WORK ORDER —
Word for word, restate each entry that appears below.

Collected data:
//! Lines of a log as they are read, before their nodes are.

ghost use Rattle.std.specs.Prelude.{◌≡◌, ℕ, List, ◌∷◌, ◌++◌, codes, IfSome, IfNone};
ghost use Rattle.cr_model.specs.Texts.{IsNumber, Lacks, NoneTells, named};
ghost use Rattle.cr_audit.specs.declared.verdict.Verdict.{Verdict};
ghost use Rattle.cr_audit.specs.Logs.{item_text, verdict_text, ItemIsSmall, IsSmall};
ghost use Rattle.cr_audit.specs.Reads.{item_after, raw_text, IsRaw};
ghost use Rattle.cr_audit.specs.Texts.{two, two_named, NeverTwo};

use crate::digits::number_of;
use crate::verdict::{Item, Verdict};

/// The node's text and the verdict of the text's first line, and what comes after that line.
pub fn take_line(text: &[u8]) -> Option<((&[u8], Verdict), &[u8])>
    ensures some { IfSome result (λ x. IsRaw x.0.0.now x.0.1 × (text.now ≡ raw_text x.0.0.now x.0.1 ++ 10 ∷ x.1.now)) }
    ensures none { IfNone result ((node : List ℕ) (why : Verdict) (more : List ℕ) → IsRaw node why → text.now ≡ raw_text node why ++ 10 ∷ more → ⊥) }
{
    let (line, rest) = split_at_byte(text, b'\n')?;
    let raw = raw_of(line)?;
    Some((raw, rest))
}

/// The verdict of the text's first line, and what comes after that line, where the line is this node's. None else, or where
/// it is no line.
pub fn take_verdict<'a>(text: &'a [u8], node: &[u8]) -> Option<(Verdict, &'a [u8])>
    ensures { IfSome result (λ x. IsSmall x.0 × (text.now ≡ raw_text node.now x.0 ++ 10 ∷ x.1.now)) }
{
    let behind = after_word(text, node)?;
    let words = after_word(behind, b" ")?;
    let (verdict, rest) = split_at_byte(words, b'\n')?;
    let why = verdict_of(verdict)?;
    Some((why, rest))
}

// The node's text and the verdict of a line without its line feed.
fn raw_of(line: &[u8]) -> Option<(&[u8], Verdict)>
    ensures some { IfSome result (λ x. (Lacks 32 x.0.now × IsSmall x.1) × (line.now ≡ raw_text x.0.now x.1)) }
    ensures none { IfNone result ((node : List ℕ) (why : Verdict) → IsRaw node why → line.now ≡ raw_text node why → ⊥) }
{
    let (node, text) = split_at_byte(line, b' ')?;
    let why = verdict_of(text)?;
    Some((node, why))
}

// The verdict of this text.
fn verdict_of(text: &[u8]) -> Option<Verdict>
    ensures some { IfSome result (λ why. IsSmall why × (text.now ≡ verdict_text why)) }
    ensures none { IfNone result (NoneTells verdict_text IsSmall text.now) }
{
    if let Some(why) = plain_verdict(text) {
        return Some(why);
    }
    if let Some(why) = placed_verdict(text) {
        return Some(why);
    }
    item_verdict(text)
}

// The verdict without numbers.
fn plain_verdict(text: &[u8]) -> Option<Verdict>
    ensures some { IfSome result (λ why. IsSmall why × (text.now ≡ verdict_text why)) }
    ensures none { IfNone result ((text.now ≡ codes "open" → ⊥) × (text.now ≡ codes "long" → ⊥)) }
{
    if text == b"open".as_slice() {
        return Some(Verdict::Open);
    }
    if text == b"long".as_slice() {
        return Some(Verdict::Long);
    }
    None
}

// The verdict with places of rows or steps.
fn placed_verdict(text: &[u8]) -> Option<Verdict>
    ensures some { IfSome result (λ why. IsSmall why × (text.now ≡ verdict_text why)) }
    ensures none { IfNone result (NeverTwo (codes "again ") text.now
        × (NoneTells (named (codes "home ")) IsNumber text.now × NoneTells (named (codes "back ")) IsNumber text.now)) }
{
    if let Some((first, again)) = two_after(text, b"again ") {
        return Some(Verdict::Again(first, again));
    }
    if let Some(place) = number_after(text, b"home ") {
        return Some(Verdict::Home(place));
    }
    let step = number_after(text, b"back ")?;
    Some(Verdict::Back(step))
}

// The verdict with an item of the query.
fn item_verdict(text: &[u8]) -> Option<Verdict>
    ensures some { IfSome result (λ why. IsSmall why × (text.now ≡ verdict_text why)) }
    ensures none { IfNone result (NoneTells (item_after (codes "many ")) ItemIsSmall text.now
        × NoneTells (item_after (codes "few ")) ItemIsSmall text.now) }
{
    if let Some(item) = item_behind(text, b"many ") {
        return Some(Verdict::Many(item));
    }
    let item = item_behind(text, b"few ")?;
    Some(Verdict::Few(item))
}

// The item after a word.
fn item_behind(text: &[u8], word: &[u8]) -> Option<Item>
    ensures some { IfSome result (λ of. ItemIsSmall of × (text.now ≡ item_after word.now of)) }
    ensures none { IfNone result (NoneTells (item_after word.now) ItemIsSmall text.now) }
{
    let rest = after_word(text, word)?;
    item_of(rest)
}

// The item of this text.
fn item_of(text: &[u8]) -> Option<Item>
    ensures some { IfSome result (λ of. ItemIsSmall of × (text.now ≡ item_text of)) }
    ensures none { IfNone result (NoneTells item_text ItemIsSmall text.now) }
{
    if text == b"com".as_slice() {
        return Some(Item::Com);
    }
    if let Some(index) = number_after(text, b"count ") {
        return Some(Item::Count(index));
    }
    if let Some(index) = number_after(text, b"leads ") {
        return Some(Item::Leads(index));
    }
    let index = number_after(text, b"rows ")?;
    Some(Item::Rows(index))
}

// Two numbers with a space between them, after a word.
fn two_after(text: &[u8], word: &[u8]) -> Option<(u64, u64)>
    ensures some { IfSome result (λ x. (IsNumber x.0 × IsNumber x.1) × (text.now ≡ two_named word.now x.0 x.1)) }
    ensures none { IfNone result (NeverTwo word.now text.now) }
{
    let numbers = after_word(text, word)?;
    two_of(numbers)
}

// Two numbers with a space between them.
fn two_of(numbers: &[u8]) -> Option<(u64, u64)>
    ensures some { IfSome result (λ x. (IsNumber x.0 × IsNumber x.1) × (numbers.now ≡ two x.0 x.1)) }
    ensures none { IfNone result ((m n : ℕ) → IsNumber m → IsNumber n → numbers.now ≡ two m n → ⊥) }
{
    let (first, second) = split_at_byte(numbers, b' ')?;
    let one = number_of(first)?;
    let other = number_of(second)?;
    Some((one, other))
}

// The number after a word.
fn number_after(text: &[u8], word: &[u8]) -> Option<u64>
    ensures some { IfSome result (λ n. IsNumber n × (text.now ≡ named word.now n)) }
    ensures none { IfNone result (NoneTells (named word.now) IsNumber text.now) }
{
    let digits = after_word(text, word)?;
    number_of(digits)
}

// What stands before the first such byte, and what comes after it; None where it does not stand there.
fn split_at_byte(text: &[u8], byte: u8) -> Option<(&[u8], &[u8])>
    ensures some { IfSome result (λ x. Lacks byte x.0.now × (text.now ≡ x.0.now ++ byte ∷ x.1.now)) }
    ensures none { IfNone result (Lacks byte text.now) }
{
    for place in 0..text.len() {
        if text[place] == byte {
            return Some((&text[..place], &text[place + 1..]));
        }
    }
    None
}

/// What comes after a word that the text begins with.
pub fn after_word<'a>(text: &'a [u8], word: &[u8]) -> Option<&'a [u8]>
    ensures some { IfSome result (λ rest. text.now ≡ word.now ++ rest.now) }
    ensures none { IfNone result ((rest : List ℕ) → text.now ≡ word.now ++ rest → ⊥) }
{
    text.strip_prefix(word)
}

TASK RESPONSE —
//! Lines of a log as they are read, before their nodes are.

ghost use Rattle.std.specs.Prelude.{◌≡◌, ℕ, List, ◌∷◌, ◌++◌, codes, IfSome, IfNone};
ghost use Rattle.cr_model.specs.Texts.{IsNumber, Lacks, NoneTells, named};
ghost use Rattle.cr_audit.specs.declared.verdict.Verdict.{Verdict};
ghost use Rattle.cr_audit.specs.Logs.{item_text, verdict_text, ItemIsSmall, IsSmall};
ghost use Rattle.cr_audit.specs.Reads.{item_after, raw_text, IsRaw};
ghost use Rattle.cr_audit.specs.Texts.{two, two_named, NeverTwo};

use crate::digits::number_of;
use crate::verdict::{Item, Verdict};

/// The node's text and the verdict of the text's first line, and what comes after that line.
pub fn take_line(text: &[u8]) -> Option<((&[u8], Verdict), &[u8])>
    ensures some { IfSome result (λ x. IsRaw x.0.0.now x.0.1 × (text.now ≡ raw_text x.0.0.now x.0.1 ++ 10 ∷ x.1.now)) }
    ensures none { IfNone result ((node : List ℕ) (why : Verdict) (more : List ℕ) → IsRaw node why → text.now ≡ raw_text node why ++ 10 ∷ more → ⊥) }
{
    let (line, rest) = split_at_byte(text, b'\n')?;
    let raw = raw_of(line)?;
    Some((raw, rest))
}

/// The verdict of the text's first line, and what comes after that line, where the line is this node's. None else, or where
/// it is no line.
pub fn take_verdict<'a>(text: &'a [u8], node: &[u8]) -> Option<(Verdict, &'a [u8])>
    ensures { IfSome result (λ x. IsSmall x.0 × (text.now ≡ raw_text node.now x.0 ++ 10 ∷ x.1.now)) }
{
    let behind = after_word(text, node)?;
    let words = after_word(behind, b" ")?;
    let (verdict, rest) = split_at_byte(words, b'\n')?;
    let why = verdict_of(verdict)?;
    Some((why, rest))
}

// The node's text and the verdict of a line without its line feed.
fn raw_of(line: &[u8]) -> Option<(&[u8], Verdict)>
    ensures some { IfSome result (λ x. (Lacks 32 x.0.now × IsSmall x.1) × (line.now ≡ raw_text x.0.now x.1)) }
    ensures none { IfNone result ((node : List ℕ) (why : Verdict) → IsRaw node why → line.now ≡ raw_text node why → ⊥) }
{
    let (node, text) = split_at_byte(line, b' ')?;
    let why = verdict_of(text)?;
    Some((node, why))
}

// The verdict of this text.
fn verdict_of(text: &[u8]) -> Option<Verdict>
    ensures some { IfSome result (λ why. IsSmall why × (text.now ≡ verdict_text why)) }
    ensures none { IfNone result (NoneTells verdict_text IsSmall text.now) }
{
    if let Some(why) = plain_verdict(text) {
        return Some(why);
    }
    if let Some(why) = placed_verdict(text) {
        return Some(why);
    }
    item_verdict(text)
}

// The verdict without numbers.
fn plain_verdict(text: &[u8]) -> Option<Verdict>
    ensures some { IfSome result (λ why. IsSmall why × (text.now ≡ verdict_text why)) }
    ensures none { IfNone result ((text.now ≡ codes "open" → ⊥) × (text.now ≡ codes "long" → ⊥)) }
{
    if text == b"open".as_slice() {
        return Some(Verdict::Open);
    }
    if text == b"long".as_slice() {
        return Some(Verdict::Long);
    }
    None
}

// The verdict with places of rows or steps.
fn placed_verdict(text: &[u8]) -> Option<Verdict>
    ensures some { IfSome result (λ why. IsSmall why × (text.now ≡ verdict_text why)) }
    ensures none { IfNone result (NeverTwo (codes "again ") text.now
        × (NoneTells (named (codes "home ")) IsNumber text.now × NoneTells (named (codes "back ")) IsNumber text.now)) }
{
    if let Some((first, again)) = two_after(text, b"again ") {
        return Some(Verdict::Again(first, again));
    }
    if let Some(place) = number_after(text, b"home ") {
        return Some(Verdict::Home(place));
    }
    let step = number_after(text, b"back ")?;
    Some(Verdict::Back(step))
}

// The verdict with an item of the query.
fn item_verdict(text: &[u8]) -> Option<Verdict>
    ensures some { IfSome result (λ why. IsSmall why × (text.now ≡ verdict_text why)) }
    ensures none { IfNone result (NoneTells (item_after (codes "many ")) ItemIsSmall text.now
        × NoneTells (item_after (codes "few ")) ItemIsSmall text.now) }
{
    if let Some(item) = item_behind(text, b"many ") {
        return Some(Verdict::Many(item));
    }
    let item = item_behind(text, b"few ")?;
    Some(Verdict::Few(item))
}

// The item after a word.
fn item_behind(text: &[u8], word: &[u8]) -> Option<Item>
    ensures some { IfSome result (λ of. ItemIsSmall of × (text.now ≡ item_after word.now of)) }
    ensures none { IfNone result (NoneTells (item_after word.now) ItemIsSmall text.now) }
{
    let rest = after_word(text, word)?;
    item_of(rest)
}

// The item of this text.
fn item_of(text: &[u8]) -> Option<Item>
    ensures some { IfSome result (λ of. ItemIsSmall of × (text.now ≡ item_text of)) }
    ensures none { IfNone result (NoneTells item_text ItemIsSmall text.now) }
{
    if text == b"com".as_slice() {
        return Some(Item::Com);
    }
    if let Some(index) = number_after(text, b"count ") {
        return Some(Item::Count(index));
    }
    if let Some(index) = number_after(text, b"leads ") {
        return Some(Item::Leads(index));
    }
    let index = number_after(text, b"rows ")?;
    Some(Item::Rows(index))
}

// Two numbers with a space between them, after a word.
fn two_after(text: &[u8], word: &[u8]) -> Option<(u64, u64)>
    ensures some { IfSome result (λ x. (IsNumber x.0 × IsNumber x.1) × (text.now ≡ two_named word.now x.0 x.1)) }
    ensures none { IfNone result (NeverTwo word.now text.now) }
{
    let numbers = after_word(text, word)?;
    two_of(numbers)
}

// Two numbers with a space between them.
fn two_of(numbers: &[u8]) -> Option<(u64, u64)>
    ensures some { IfSome result (λ x. (IsNumber x.0 × IsNumber x.1) × (numbers.now ≡ two x.0 x.1)) }
    ensures none { IfNone result ((m n : ℕ) → IsNumber m → IsNumber n → numbers.now ≡ two m n → ⊥) }
{
    let (first, second) = split_at_byte(numbers, b' ')?;
    let one = number_of(first)?;
    let other = number_of(second)?;
    Some((one, other))
}

// The number after a word.
fn number_after(text: &[u8], word: &[u8]) -> Option<u64>
    ensures some { IfSome result (λ n. IsNumber n × (text.now ≡ named word.now n)) }
    ensures none { IfNone result (NoneTells (named word.now) IsNumber text.now) }
{
    let digits = after_word(text, word)?;
    number_of(digits)
}

// What stands before the first such byte, and what comes after it; None where it does not stand there.
fn split_at_byte(text: &[u8], byte: u8) -> Option<(&[u8], &[u8])>
    ensures some { IfSome result (λ x. Lacks byte x.0.now × (text.now ≡ x.0.now ++ byte ∷ x.1.now)) }
    ensures none { IfNone result (Lacks byte text.now) }
{
    for place in 0..text.len() {
        if text[place] == byte {
            return Some((&text[..place], &text[place + 1..]));
        }
    }
    None
}

/// What comes after a word that the text begins with.
pub fn after_word<'a>(text: &'a [u8], word: &[u8]) -> Option<&'a [u8]>
    ensures some { IfSome result (λ rest. text.now ≡ word.now ++ rest.now) }
    ensures none { IfNone result ((rest : List ℕ) → text.now ≡ word.now ++ rest → ⊥) }
{
    text.strip_prefix(word)
}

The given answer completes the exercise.